Metrô Rio: 57 km, 41 estações e 660 mil passageiros por dia

Imagem: Wikimedia Commons (CC BY-SA 4.0) — Wilfredor

Metrô Rio: 57 km, 41 estações e 660 mil passageiros por dia

Conheça o sistema metroviário do Rio de Janeiro, suas linhas, história e desafios de expansão.

Fonte principal: Metropolitano do Rio de Janeiro – Wikipédia, a enciclopédia livre · Por Redação Mundo Trilhos


O Metropolitano do Rio de Janeiro, operado pela MetrôRio, é o quarto maior sistema metroferroviário do Brasil em extensão, com 57 quilômetros de trilhos e 41 estações. Inaugurado em 1979, o sistema transporta cerca de 660 mil passageiros em dias úteis, segundo dados da Wikipédia.

Três linhas compõem a malha: Linha 1, Linha 2 e Linha 4. Apesar de ter menos estações e extensão que os trens urbanos (SuperVia), o metrô lidera em demanda diária na capital fluminense.

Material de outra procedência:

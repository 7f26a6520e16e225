//! The numbers of an operator that the code holds are in their ranges, as contracts.

ghost use Rattle.std.specs.Prelude.{◌<◌, ◌^◌};
ghost use Rattle.wasm_forms.specs.Writing.{EachFits};
ghost use Rattle.wasm_operators.specs.Operators.{op_of};
ghost use Rattle.wasm_operators.specs.Standing.{ArgHeld, BlockHeld, HeapHeld, OpStands, ValueHeld};

use crate::operator::{RawArg, RawBlock, RawOperator};
use wasm_forms::{RawHeap, RawVal};

/// What the code holds as a byte is in its range.
fn byte_is_held(byte: &u8)
    ensures { byte.now < 2 ^ 8 }
{
    let _byte = *byte;
}

/// What the code holds as a number of 32 bits is in its range.
fn number_is_held(number: &u32)
    ensures { number.now < 2 ^ 32 }
{
    let _number = *number;
}

/// What the code holds as a number of 64 bits is in its range.
fn wide_is_held(number: &u64)
    ensures { number.now < 2 ^ 64 }
{
    let _number = *number;
}

/// What the code holds as a value type is in its range.
fn value_is_held(value: &RawVal)
    ensures { ValueHeld value.now }
{
    if let RawVal::Ref(reference) = value {
        heap_is_held(&reference.heap);
    }
}

/// What the code holds as a heap type is in its range.
fn heap_is_held(heap: &RawHeap)
    ensures { HeapHeld heap.now }
{
    match heap {
        RawHeap::Abstract(byte) => byte_is_held(byte),
        RawHeap::Index(index) => number_is_held(index),
    }
}

/// What the code holds as the type of a block is in its range.
fn block_is_held(block: &RawBlock)
    ensures { BlockHeld block.now }
{
    match block {
        RawBlock::NoResult => {}
        RawBlock::OneResult(value) => value_is_held(value),
        RawBlock::OfType(index) => number_is_held(index),
    }
}

/// What the code holds as an argument is in its range.
fn arg_is_held(arg: &RawArg)
    ensures { ArgHeld arg.now }
{
    match arg {
        RawArg::Function(number)
        | RawArg::Type(number)
        | RawArg::Table(number)
        | RawArg::Memory(number)
        | RawArg::Global(number)
        | RawArg::Tag(number)
        | RawArg::Element(number)
        | RawArg::Data(number)
        | RawArg::Local(number)
        | RawArg::Label(number)
        | RawArg::Count(number)
        | RawArg::Number(number)
        | RawArg::F32(number) => number_is_held(number),
        RawArg::Byte(byte) => byte_is_held(byte),
        RawArg::S32(value) => {
            let _value = *value;
        }
        RawArg::S64(value) => {
            let _value = *value;
        }
        RawArg::F64(bits) => wide_is_held(bits),
        RawArg::Value(value) => value_is_held(value),
        RawArg::Heap(heap) => heap_is_held(heap),
        RawArg::Block(block) => block_is_held(block),
        RawArg::Access {
            flags,
            memory,
            offset,
        } => {
            let _flags = *flags;
            let _memory = *memory;
            let _offset = *offset;
        }
    }
}

/// What the code holds as arguments is in their ranges.
fn args_are_held(args: &[RawArg])
    ensures { EachFits ArgHeld args.now }
{
    'each: for arg in args {
        arg_is_held(arg);
    }
}

/// What the code holds as an operator has its numbers in their ranges, and so is one of those of which
/// [`operator_spelling_stands`](crate::operator_spelling_stands) speaks. A law, for proofs: it does nothing.
pub fn operator_is_held(operator: &RawOperator)
    ensures { OpStands (op_of operator.now) }
{
    args_are_held(operator.args.as_slice());
}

O sistema é propriedade do estado do Rio de Janeiro, mas operado pela iniciativa privada desde 1998. A concessão, inicialmente de 20 anos, foi prorrogada até 2038. A MetrôRio é controlada pela Invepar, que tem entre seus acionistas a construtora OAS, fundos do Banco do Brasil, da Caixa e da Petrobras.

História e expansão

O primeiro projeto de metrô para a cidade surgiu na década de 1930, com uma linha ligando Botafogo ao Maracanã. Em 1966, o governo do estado da Guanabara criou a CEPE-2 para desenvolver o projeto. Após concorrência internacional, o consórcio alemão-brasileiro CCN-Hochtief-DeConsult foi contratado em 1968.

O projeto original previa 67 km de rede, com duas linhas: uma de Ipanema a Jacarepaguá e outra da Pavuna a Niterói. O custo estimado era de US$ 725 milhões.

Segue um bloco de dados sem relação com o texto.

//! Which operators bytes spell (Binary Format > Instructions).

ghost use Rattle.std.specs.Prelude.{◌≡◌, List, Option, option_map, true};
ghost use Rattle.wasm_operators.specs.declared.operator.RawArg.{RawArg as Arg};
ghost use Rattle.wasm_operators.specs.declared.kind.Kind.TheVariants as kind_of;
ghost use Rattle.wasm_operators.specs.Operators.{op_of};
ghost use Rattle.wasm_operators.specs.Table.{listed};
ghost use Rattle.wasm_operators.specs.Pushing as pushing;
ghost use Rattle.wasm_operators.specs.Standing as standing;
ghost use Rattle.wasm_operators.specs.Standing.{heap_spells, value_spells, block_spells, spells};

use crate::kind::Kind;
use crate::list::{CatchEntry, LabelEntry, ValueEntry};
use crate::operator::{RawArg, RawBlock, RawOperator};
use crate::table::kinds;
use wasm_forms::{RawHeap, RawVal};
use wasm_opcodes::types::{HEAP_EXN, HEAP_NO_EXN};

/// Whether a heap type is spelled: an abstract one by one of its bytes.
fn spells_heap(heap: &RawHeap) -> bool
    ensures { result ≡ heap_spells heap.now }
{
    match heap {
        RawHeap::Abstract(byte) => HEAP_EXN <= *byte && *byte <= HEAP_NO_EXN,
        RawHeap::Index(_) => true,
    }
}

/// Whether a value type is spelled.
fn spells_value(value: &RawVal) -> bool
    ensures { result ≡ value_spells value.now }
{
    match value {
        RawVal::Ref(reference) => spells_heap(&reference.heap),
        RawVal::I32 | RawVal::I64 | RawVal::F32 | RawVal::F64 | RawVal::V128 => true,
    }
}

/// Whether the type of a block is spelled.
fn spells_block(block: &RawBlock) -> bool
    ensures { result ≡ block_spells block.now }
{
    match block {
        RawBlock::OneResult(value) => spells_value(value),
        RawBlock::NoResult | RawBlock::OfType(_) => true,
    }
}

/// Whether the argument is a number of 32 bits of this kind.
fn is_number_of(kind: Kind, arg: &RawArg) -> bool
    requires { pushing.is_number kind ≡ true }
    ensures { result ≡ standing.is_of kind arg.now }
{
    match kind {
        Kind::Function => matches!(arg, RawArg::Function(_)),
        Kind::Type => matches!(arg, RawArg::Type(_)),
        Kind::Table => matches!(arg, RawArg::Table(_)),
        Kind::Memory => matches!(arg, RawArg::Memory(_)),
        Kind::Global => matches!(arg, RawArg::Global(_)),
        Kind::Tag => matches!(arg, RawArg::Tag(_)),
        Kind::Element => matches!(arg, RawArg::Element(_)),
        Kind::Data => matches!(arg, RawArg::Data(_)),
        Kind::Local => matches!(arg, RawArg::Local(_)),
        Kind::Label => matches!(arg, RawArg::Label(_)),
        Kind::Number => matches!(arg, RawArg::Number(_)),
        _ => unreachable!(),
    }
}

/// Whether the argument is one of this kind, and spelled.
fn is_of(kind: Kind, arg: &RawArg) -> bool
    ensures { result ≡ standing.is_of kind arg.now }
{
    if kind.is_number() {
        return is_number_of(kind, arg);
    }
    match (kind, arg) {
        (Kind::Block, RawArg::Block(block)) => spells_block(block),
        (Kind::Access, RawArg::Access { flags, .. }) => *flags / 64 % 2 != 1,
        (Kind::Heap, RawArg::Heap(heap)) => spells_heap(heap),
        (Kind::Byte, RawArg::Byte(_))
        | (Kind::S32, RawArg::S32(_))
        | (Kind::S64, RawArg::S64(_))
        | (Kind::F32, RawArg::F32(_))
        | (Kind::F64, RawArg::F64(_)) => true,
        _ => false,
    }
}

/// The arguments behind one of this kind.
fn behind_one(kind: Kind, args: &[RawArg]) -> Option<&[RawArg]>
    ensures { option_map (λ r. r.now) result ≡ standing.behind_one kind args.now }
{
    let (arg, rest) = args.split_first()?;
    if is_of(kind, arg) { Some(rest) } else { None }
}

/// What a list holds. `behind` gives the arguments behind those of an entry, where such arguments stand in front.
trait Listed {
    ghost behind: { List Arg → Option (List Arg) };

    /// The arguments behind an entry.
    fn skip(args: &[RawArg]) -> Option<&[RawArg]>
        ensures { option_map (λ r. r.now) result ≡ behind args.now };
}

impl Listed for LabelEntry {
    ghost behind = { standing.behind_one kind_of.Label };

    fn skip(args: &[RawArg]) -> Option<&[RawArg]> {
        behind_one(Kind::Label, args)
    }
}

/// A byte.
struct ByteEntry;

impl Listed for ByteEntry {
    ghost behind = { standing.behind_one kind_of.Byte };

    fn skip(args: &[RawArg]) -> Option<&[RawArg]> {
        behind_one(Kind::Byte, args)
    }
}

impl Listed for ValueEntry {
    ghost behind = { standing.behind_value };

    fn skip(args: &[RawArg]) -> Option<&[RawArg]> {
        let (arg, rest) = args.split_first()?;
        match arg {
            RawArg::Value(value) if spells_value(value) => Some(rest),
            _ => None,
        }
    }
}

impl Listed for CatchEntry {
    ghost behind = { standing.behind_catch };

    fn skip(args: &[RawArg]) -> Option<&[RawArg]> {
        let (arg, rest) = args.split_first()?;
        let RawArg::Byte(first) = arg else {
            return None;
        };
        if *first < 2 {
            return behind_one(Kind::Label, behind_one(Kind::Tag, rest)?);
        }
        if *first < 4 {
            return behind_one(Kind::Label, rest);
        }
        None
    }
}

/// The arguments behind so many entries.
fn behind_entries<E: Listed>(count: u32, args: &[RawArg]) -> Option<&[RawArg]>
    ensures { option_map (λ r. r.now) result ≡ standing.behind_entries E.behind count args.now }
{
    let mut rest = args;
    'entries: for _taken in 0..count {
        let Some(after) = E::skip(rest) else {
            return None;
        };
        rest = after;
    }
    Some(rest)
}

/// The arguments behind a count and that many entries.
fn behind_counted<E: Listed>(args: &[RawArg]) -> Option<&[RawArg]>
    ensures { option_map (λ r. r.now) result ≡ standing.behind_counted E.behind args.now }
{
    let (arg, rest) = args.split_first()?;
    match arg {
        RawArg::Count(count) => behind_entries::<E>(*count, rest),
        _ => None,
    }
}

/// The arguments behind those of one kind.
fn behind_kind(kind: Kind, args: &[RawArg]) -> Option<&[RawArg]>
    ensures { option_map (λ r. r.now) result ≡ standing.behind_kind kind args.now }
{
    if kind.is_one() {
        return behind_one(kind, args);
    }
    match kind {
        Kind::Nothing => Some(args),
        Kind::Catches => behind_counted::<CatchEntry>(args),
        Kind::Labels => behind_counted::<LabelEntry>(args),
        Kind::Values => behind_counted::<ValueEntry>(args),
        Kind::SixteenBytes => behind_entries::<ByteEntry>(16, args),
        _ => unreachable!(),
    }
}

/// The arguments behind those of these kinds, up to the first `Nothing`.
fn behind_kinds<'a>(listed_kinds: &[Kind], args: &'a [RawArg]) -> Option<&'a [RawArg]>
    ensures { option_map (λ r. r.now) result ≡ standing.behind_kinds (listed listed_kinds.now) args.now }
{
    let mut rest = args;
    'kinds: for kind in listed_kinds {
        if !kind.is_argument() {
            return Some(rest);
        }
        let Some(after) = behind_kind(*kind, rest) else {
            return None;
        };
        rest = after;
    }
    Some(rest)
}

/// Whether bytes spell the operator (Binary Format > Instructions): it is in the table, and its arguments are those that the table says,
/// each of them a value that is spelled. Takes no memory.
pub fn is_operator(operator: &RawOperator) -> bool
    ensures { result ≡ spells (op_of operator.now) }
{
    let Some(listed_kinds) = kinds(operator.op) else {
        return false;
    };
    match behind_kinds(&listed_kinds, operator.args.as_slice()) {
        Some(rest) => rest.is_empty(),
        None => false,
    }
}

A última grande expansão ocorreu em 2016, com a inauguração da Linha 4, que adicionou 8 km e 5 estações. Atualmente, há uma estação em obras, mas suspensa. Não há previsão de novas expansões a curto prazo.

Papel na cidade

O metrô desempenha função crucial no transporte diário, especialmente na região central. Durante grandes eventos, como o Réveillon de Copacabana e o Carnaval, o sistema opera com horários estendidos, incluindo madrugada e 24 horas.

Apesar dos desafios, o Metrô Rio segue como espinha dorsal da mobilidade urbana carioca, conectando bairros e facilitando o deslocamento de milhões de pessoas.